Collected data
%%

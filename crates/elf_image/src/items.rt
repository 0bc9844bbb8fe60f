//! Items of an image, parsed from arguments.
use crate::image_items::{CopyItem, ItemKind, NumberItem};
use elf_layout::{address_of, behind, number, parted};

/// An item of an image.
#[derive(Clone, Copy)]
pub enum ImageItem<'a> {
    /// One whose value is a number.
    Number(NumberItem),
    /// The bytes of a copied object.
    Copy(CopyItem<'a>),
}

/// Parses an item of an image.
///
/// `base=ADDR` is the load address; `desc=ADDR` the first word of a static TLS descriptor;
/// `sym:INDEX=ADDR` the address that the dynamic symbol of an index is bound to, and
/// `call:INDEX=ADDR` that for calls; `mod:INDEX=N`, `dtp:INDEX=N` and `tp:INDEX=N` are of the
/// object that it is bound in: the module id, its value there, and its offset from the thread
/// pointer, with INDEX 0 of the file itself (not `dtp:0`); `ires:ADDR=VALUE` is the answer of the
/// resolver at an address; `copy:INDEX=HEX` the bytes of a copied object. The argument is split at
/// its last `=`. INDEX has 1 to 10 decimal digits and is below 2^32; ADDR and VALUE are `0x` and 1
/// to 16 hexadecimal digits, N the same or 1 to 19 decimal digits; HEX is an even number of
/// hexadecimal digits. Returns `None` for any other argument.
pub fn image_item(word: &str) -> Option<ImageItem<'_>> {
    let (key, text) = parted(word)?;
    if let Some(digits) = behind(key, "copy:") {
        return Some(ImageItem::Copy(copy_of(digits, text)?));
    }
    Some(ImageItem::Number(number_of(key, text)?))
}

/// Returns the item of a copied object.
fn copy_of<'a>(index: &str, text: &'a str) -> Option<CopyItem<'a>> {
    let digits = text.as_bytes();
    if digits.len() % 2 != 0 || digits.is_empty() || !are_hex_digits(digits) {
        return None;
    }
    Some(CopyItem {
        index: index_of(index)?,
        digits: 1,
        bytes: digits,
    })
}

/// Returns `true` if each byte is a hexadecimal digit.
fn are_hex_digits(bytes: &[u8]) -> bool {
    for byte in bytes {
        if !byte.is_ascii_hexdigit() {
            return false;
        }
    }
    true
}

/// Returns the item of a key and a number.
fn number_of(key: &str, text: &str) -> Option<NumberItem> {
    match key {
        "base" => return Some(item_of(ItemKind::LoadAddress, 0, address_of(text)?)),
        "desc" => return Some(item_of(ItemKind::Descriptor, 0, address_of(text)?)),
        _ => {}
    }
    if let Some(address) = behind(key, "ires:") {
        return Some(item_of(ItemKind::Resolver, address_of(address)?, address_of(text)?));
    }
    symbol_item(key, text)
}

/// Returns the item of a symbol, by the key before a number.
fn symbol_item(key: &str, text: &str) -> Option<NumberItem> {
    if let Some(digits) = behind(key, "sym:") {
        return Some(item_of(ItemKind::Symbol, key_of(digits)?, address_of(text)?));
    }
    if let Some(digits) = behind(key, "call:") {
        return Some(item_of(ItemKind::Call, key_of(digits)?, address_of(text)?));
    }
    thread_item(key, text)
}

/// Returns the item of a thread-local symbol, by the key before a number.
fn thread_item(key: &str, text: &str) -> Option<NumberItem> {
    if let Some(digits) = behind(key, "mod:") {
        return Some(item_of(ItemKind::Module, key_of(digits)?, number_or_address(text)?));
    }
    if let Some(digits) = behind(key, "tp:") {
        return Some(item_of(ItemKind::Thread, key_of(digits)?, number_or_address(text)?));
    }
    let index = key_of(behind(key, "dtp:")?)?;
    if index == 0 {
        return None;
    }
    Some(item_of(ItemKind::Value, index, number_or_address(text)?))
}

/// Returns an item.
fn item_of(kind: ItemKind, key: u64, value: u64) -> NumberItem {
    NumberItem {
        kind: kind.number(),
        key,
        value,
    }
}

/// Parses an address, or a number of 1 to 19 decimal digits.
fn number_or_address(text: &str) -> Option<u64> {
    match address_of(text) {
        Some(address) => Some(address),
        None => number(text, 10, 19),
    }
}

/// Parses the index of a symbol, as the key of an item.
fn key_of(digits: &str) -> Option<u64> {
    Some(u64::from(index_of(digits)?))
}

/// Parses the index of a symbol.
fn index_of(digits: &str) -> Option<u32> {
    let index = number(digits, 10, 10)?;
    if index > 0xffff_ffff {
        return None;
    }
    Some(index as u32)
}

%%

**Exercise:** Reproduce every line above, keeping each word exactly as it appears.

**Solution below:**
filename crates/elf_image/src/items.rt
repository 0bc9844bbb8fe60f
//! Items of an image, parsed from arguments.
use crate::image_items::{CopyItem, ItemKind, NumberItem};
use elf_layout::{address_of, behind, number, parted};

/// An item of an image.
#[derive(Clone, Copy)]
pub enum ImageItem<'a> {
    /// One whose value is a number.
    Number(NumberItem),
    /// The bytes of a copied object.
    Copy(CopyItem<'a>),
}

/// Parses an item of an image.
///
/// `base=ADDR` is the load address; `desc=ADDR` the first word of a static TLS descriptor;
/// `sym:INDEX=ADDR` the address that the dynamic symbol of an index is bound to, and
/// `call:INDEX=ADDR` that for calls; `mod:INDEX=N`, `dtp:INDEX=N` and `tp:INDEX=N` are of the
/// object that it is bound in: the module id, its value there, and its offset from the thread
/// pointer, with INDEX 0 of the file itself (not `dtp:0`); `ires:ADDR=VALUE` is the answer of the
/// resolver at an address; `copy:INDEX=HEX` the bytes of a copied object. The argument is split at
/// its last `=`. INDEX has 1 to 10 decimal digits and is below 2^32; ADDR and VALUE are `0x` and 1
/// to 16 hexadecimal digits, N the same or 1 to 19 decimal digits; HEX is an even number of
/// hexadecimal digits. Returns `None` for any other argument.
pub fn image_item(word: &str) -> Option<ImageItem<'_>> {
    let (key, text) = parted(word)?;
    if let Some(digits) = behind(key, "copy:") {
        return Some(ImageItem::Copy(copy_of(digits, text)?));
    }
    Some(ImageItem::Number(number_of(key, text)?))
}

/// Returns the item of a copied object.
fn copy_of<'a>(index: &str, text: &'a str) -> Option<CopyItem<'a>> {
    let digits = text.as_bytes();
    if digits.len() % 2 != 0 || digits.is_empty() || !are_hex_digits(digits) {
        return None;
    }
    Some(CopyItem {
        index: index_of(index)?,
        digits: 1,
        bytes: digits,
    })
}

/// Returns `true` if each byte is a hexadecimal digit.
fn are_hex_digits(bytes: &[u8]) -> bool {
    for byte in bytes {
        if !byte.is_ascii_hexdigit() {
            return false;
        }
    }
    true
}

/// Returns the item of a key and a number.
fn number_of(key: &str, text: &str) -> Option<NumberItem> {
    match key {
        "base" => return Some(item_of(ItemKind::LoadAddress, 0, address_of(text)?)),
        "desc" => return Some(item_of(ItemKind::Descriptor, 0, address_of(text)?)),
        _ => {}
    }
    if let Some(address) = behind(key, "ires:") {
        return Some(item_of(ItemKind::Resolver, address_of(address)?, address_of(text)?));
    }
    symbol_item(key, text)
}

/// Returns the item of a symbol, by the key before a number.
fn symbol_item(key: &str, text: &str) -> Option<NumberItem> {
    if let Some(digits) = behind(key, "sym:") {
        return Some(item_of(ItemKind::Symbol, key_of(digits)?, address_of(text)?));
    }
    if let Some(digits) = behind(key, "call:") {
        return Some(item_of(ItemKind::Call, key_of(digits)?, address_of(text)?));
    }
    thread_item(key, text)
}

/// Returns the item of a thread-local symbol, by the key before a number.
fn thread_item(key: &str, text: &str) -> Option<NumberItem> {
    if let Some(digits) = behind(key, "mod:") {
        return Some(item_of(ItemKind::Module, key_of(digits)?, number_or_address(text)?));
    }
    if let Some(digits) = behind(key, "tp:") {
        return Some(item_of(ItemKind::Thread, key_of(digits)?, number_or_address(text)?));
    }
    let index = key_of(behind(key, "dtp:")?)?;
    if index == 0 {
        return None;
    }
    Some(item_of(ItemKind::Value, index, number_or_address(text)?))
}

/// Returns an item.
fn item_of(kind: ItemKind, key: u64, value: u64) -> NumberItem {
    NumberItem {
        kind: kind.number(),
        key,
        value,
    }
}

/// Parses an address, or a number of 1 to 19 decimal digits.
fn number_or_address(text: &str) -> Option<u64> {
    match address_of(text) {
        Some(address) => Some(address),
        None => number(text, 10, 19),
    }
}

/// Parses the index of a symbol, as the key of an item.
fn key_of(digits: &str) -> Option<u64> {
    Some(u64::from(index_of(digits)?))
}

/// Parses the index of a symbol.
fn index_of(digits: &str) -> Option<u32> {
    let index = number(digits, 10, 10)?;
    if index > 0xffff_ffff {
        return None;
    }
    Some(index as u32)
}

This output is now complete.